The Fed commented that it has all the intentions of continuing with a similar quantum of rate hikes until the macroeconomic figures return to the desired levels. This saw the global markets getting weaker. Indian markets also suffered a gap-down opening at the beginning of the week. However, all our gap-down openings were ultimately bought into and this kept the markets within the broad range and above their crucial supports.
After oscillating in a broad range of 611 points, the headline index closed flat with a negligible loss of 19 points (0.11%) on a weekly basis.
Regardless of the reasons that we associate with the market reaction, Nifty has defined a clear range for itself from a technical perspective. First, Nifty has not been able to move above the falling trend line pattern resistance that begins from the lifetime high point of 18,600 and joins the subsequent lower tops. Secondly, Nifty has rebounded from the levels very close to the 50-week MA which is placed at 17,135. This defines a broad trading zone of 17,100-17,650 levels for Nifty.
The volatility index, India VIX spiked as it rose by 7.33% to 19.55 on a weekly basis.
The coming week is all set to be within a defined range, with the levels of 17,650 and 17,790 expected to act as potential resistance points. The supports come in at 17,380 and 17,200 levels.
The weekly RSI stands at 57.76. It remains neutral and does not show any divergence against the price. The weekly MACD is bullish and stays above the signal line.

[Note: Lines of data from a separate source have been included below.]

// Parts of an array.
ghost use Rattle.std.specs.Prelude.{◌≡◌, ◌≤◌, length, slice_range};

/// The items from place `start` up to, but without, place `end`.
#[inline]
pub fn part(items: &[u32], start: u32, end: u32) -> &[u32]
    requires begun { start ≤ end }
    requires within { end ≤ length items.now }
    ensures { result.now ≡ slice_range items.now start end }
{
    &items[start as usize..end as usize]
}
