// Counts how much room each row needs.
ghost use Rattle.std.specs.Prelude.{◌≡◌, ◌<◌, ◌+◌, ◌-◌, ◌^◌, length, slice_index, slice_set};

/// Reserves room for one more number in a row: adds 1 to the room of this row. Rows count from 0.
pub fn count_at(rooms: &mut [u32], row: u32)
    requires known { row < length rooms.old }
    requires few { slice_index rooms.old row < 2 ^ 32 - 1 }
    ensures { rooms.new ≡ slice_set rooms.old row (slice_index rooms.old row + 1) }
{
    rooms[row as usize] += 1;
}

No major formations are seen on the candles.
The pattern analysis of the weekly chart shows that Nifty has continued to resist the falling trend line pattern resistance. This is a significant pattern resistance as it begins from the lifetime high point of 18,600 and joins the subsequent lower tops. On the lower side, Nifty has rebounded from the levels very near to the 50-week MA, placed at 17136. This defines the broad trading range for Nifty between 17,100-17,700 levels.
As per the current technical setup, any sustainable directional move will occur only if Nifty moves past 17,700 levels or slips below 17,100 on a closing basis. A directional bias would be established only if Nifty moves past 17,700 or slips below 17,100 levels. Unless that happens, we will see the market oscillating back and forth in a defined range.

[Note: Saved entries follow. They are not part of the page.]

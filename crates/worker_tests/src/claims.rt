//! Claims and marks on boards of two variables, worked by hand.
ghost use Rattle.std.specs.Prelude.{◌≡◌, ◌<◌, length};
ghost use Rattle.pop_model.specs.Stacks.{variables_of};
ghost use Rattle.claim_words.specs.Openings.{marks_in};
ghost use Rattle.claim_words.specs.Passes.{IsOf, view, count_of, marks_of};

use crate::comparing::same;
use crate::made::made;
use crate::passes::{marks_in, started};
use claim_words::{Board, Claim, Closed, Pass};
use confluence_core::{Keep, Tickets};
use pop_instance::Instance;
use std::alloc::Global;
use std::process::Abort;
use test_instances::{EventRow, listed};

mod boards;
mod instances;
mod one_pop;
mod working;

use working::close_after_turns;

// Two variables with the entries 0, 1 each. Event 1 demands 0 of both, event 2 demands 1 of the
// last.
static ROWS: [&[u32]; 2] = [&[0, 1], &[0, 1]];

static EVENTS: [EventRow; 2] = [(1, &[(0, 0), (1, 0)]), (2, &[(1, 1)])];

// Tests that there are two variables.
fn are_two(rt: &impl Abort, instance: &Instance)
    ensures { variables_of instance.now.stacks ≡ 2 }
{
    same(rt, instance.stacks().count() as u64, 2, "variables");
}

// The result of a claim of variable 0 by a pass.
fn claim_first(rt: &impl Abort, board: &Board, pass: &mut Pass) -> Claim
    requires pass { IsOf board.now pass.old }
    requires known { 0 < count_of board.now }
{
    board.reserve(pass, 1).expect(rt, "memory");
    board.try_claim(pass, 0)
}

// The results of claims of variable 0 by a pass with all shares and by one that is split off it.
fn claims_of_two(rt: &impl Abort, board: &Board, pass: &mut Pass) -> (Claim, Claim)
    requires pass { IsOf board.now pass.old }
    requires share { (view pass.old).share ≡ 64 }
    requires known { 0 < count_of board.now }
{
    let mut other = board.split(pass, 1);
    same(rt, pass.share() as u64, 63, "shares");
    same(rt, other.share() as u64, 1, "shares of the other");
    let first = claim_first(rt, board, pass);
    let second = claim_first(rt, board, &mut other);
    drop(other);
    (first, second)
}

// Worked by hand: bit 63 is 9223372036854775808.
fn second_is_busy(rt: &impl Abort, alloc: Global, instance: &Instance) {
    are_two(rt, instance);
    let (board, mut pass) = started(rt, alloc, instance, Keep::Log);
    let (first, second) = claims_of_two(rt, &board, &mut pass);
    assert!(rt; first == Claim::Mine(0));
    assert!(rt; second == Claim::Busy(9223372036854775808));
    drop(pass);
    drop(board);
}

#[test]
fn a_claimed_variable_is_busy_for_another_pass(rt: HostRuntime) {
    let alloc = rt.alloc();
    let instance = made(&rt, listed(alloc, &ROWS, &EVENTS));
    second_is_busy(&rt, alloc, &instance);
    drop(instance);
}

// Takes the mark of unit 1, and returns whether it was set.
fn takes(board: &Board, pass: &mut Pass) -> bool
    requires pass { IsOf board.now pass.old }
    requires listed { 1 < marks_of board.now }
    ensures { IsOf board.now pass.new }
{
    board.take(pass, 1)
}

// Tests that the mark is set at first, not after it was taken, and again after it was set.
fn takes_in_turn(rt: &impl Abort, board: &Board, pass: &mut Pass)
    requires pass { IsOf board.now pass.old }
    requires listed { 1 < marks_of board.now }
{
    let first = takes(board, pass);
    let second = takes(board, pass);
    board.mark(pass, 1);
    let third = takes(board, pass);
    assert!(rt; first);
    assert!(rt; !second);
    assert!(rt; third);
}

// Tests that there are two listed events.
fn are_two_events(rt: &impl Abort, instance: &Instance)
    ensures { marks_in instance.now.family ≡ 2 }
{
    same(rt, marks_in(instance) as u64, 2, "events");
}

// Takes and sets a mark on a board from zeros.
fn mark_is_taken(rt: &impl Abort, alloc: Global, instance: &Instance) {
    are_two(rt, instance);
    are_two_events(rt, instance);
    let (board, mut pass) = started(rt, alloc, instance, Keep::Nothing);
    takes_in_turn(rt, &board, &mut pass);
    drop(pass);
    drop(board);
}

#[test]
fn a_mark_that_was_taken_is_gone_until_it_is_set(rt: HostRuntime) {
    let alloc = rt.alloc();
    let instance = made(&rt, listed(alloc, &ROWS, &EVENTS));
    mark_is_taken(&rt, alloc, &instance);
    drop(instance);
}

// Compares the board of two events after one pop of the first.
fn is_after_one_pop(rt: &impl Abort, closed: &Closed)
    requires { length closed.now.cursors ≡ 2 }
{
    same(rt, closed.cursors.get(0) as u64, 1, "variable 0");
    same(rt, closed.cursors.get(1) as u64, 1, "variable 1");
    same(rt, closed.pops, 1, "pops");
    let suspects = &closed.suspects;
    assert!(rt; suspects.len() == 2);
    same(rt, suspects.at(0) as u64, 0, "suspect 0");
    same(rt, suspects.at(1) as u64, 1, "suspect 1");
}

// Compares the tickets of one pop of the first event.
fn is_first_ticket(rt: &impl Abort, log: &Tickets) {
    assert!(rt; log.len() == 1);
    let first = log.at(0);
    same(rt, first.ticket, 0, "ticket");
    same(rt, first.popped.unit() as u64, 0, "unit");
}

// Compares the log of one pop of the first event.
fn is_ticketed(rt: &impl Abort, closed: &Closed) {
    let Some(log) = &closed.log else {
        panic!(rt; "no log");
    };
    is_first_ticket(rt, log);
}

// Worked by hand: the first event is popped under ticket 0, and then neither is poppable. Both
// share a variable with it, and so are marked.
fn leaves_one_ticket(rt: &impl Abort, alloc: Global, instance: &Instance) {
    are_two(rt, instance);
    let closed = close_after_turns(rt, alloc, instance);
    is_after_one_pop(rt, &closed);
    is_ticketed(rt, &closed);
    drop(closed);
}

#[test]
fn one_pop_leaves_its_ticket_and_the_marks_it_owed(rt: HostRuntime) {
    let alloc = rt.alloc();
    let instance = made(&rt, listed(alloc, &ROWS, &EVENTS));
    leaves_one_ticket(&rt, alloc, &instance);
    drop(instance);
}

It is also very much likely that the market stays highly stock-specific. The key to navigating such markets would be to find those stocks that have a stronger or at least an improving relative strength against the broader markets. A highly selective approach is advised for the coming week.

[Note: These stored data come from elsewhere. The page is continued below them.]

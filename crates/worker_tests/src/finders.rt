//! Tries at units and walks, by one pass or two, worked by hand.
ghost use Rattle.std.specs.Prelude.{◌≡◌, length};

use crate::comparing::is_so;
use claim_words::Closed;
use std::process::Abort;
use test_instances::has_cursors;

mod units;
mod walks;

// The expected board if nothing is suspect: its cursors, and the number of pops.
struct Want {
    cursors: &'static [u32],
    pops: u64,
}

// Compares a board of this many variables.
fn is_left(rt: &impl Abort, closed: &Closed, count: u32, want: &Want)
    requires { count ≡ length closed.now.cursors }
{
    let are_there = has_cursors(&closed.cursors, count, want.cursors);
    is_so(rt, are_there, "cursors of variables below", count);
    assert!(rt; closed.pops == want.pops);
    assert!(rt; closed.suspects.len() == 0);
}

In our look at Relative Rotation Graphs®, we compared various sectors against CNX500 (NIFTY 500 Index), which represents over 95% of the free float market cap of all the stocks listed.
The analysis of Relative Rotation Graphs (RRG) shows that the metal index has rolled inside the improving quadrant. This marks a potential end to the relative underperformance of this group. Nifty Realty, PSU Bank, Bank Nifty, MidCap 100, and Financial Services Indices are firmly placed inside the improving quadrant. The Consumption index is also inside the leading but it is seen giving up on its relative momentum against the broader markets.
While Nifty FMCG index has moved ahead in the weakening quadrant, Auto index has just rolled over inside the weakening quadrant.
Nifty Media, Pharma, and the IT indices continue to languish inside the lagging quadrant. The infrastructure, energy, commodities, and PSE indices are also inside the lagging quadrant, but they appear to be improving on their relative momentum against the broader Nifty500 index.
Nifty Services sector index remains inside the improving quadrant.
Important Note: RRGTM charts show the relative strength and momentum for a group of stocks. In the above Chart, they show relative performance against NIFTY500 Index (Broader Markets) and should not be used directly as buy or sell signals.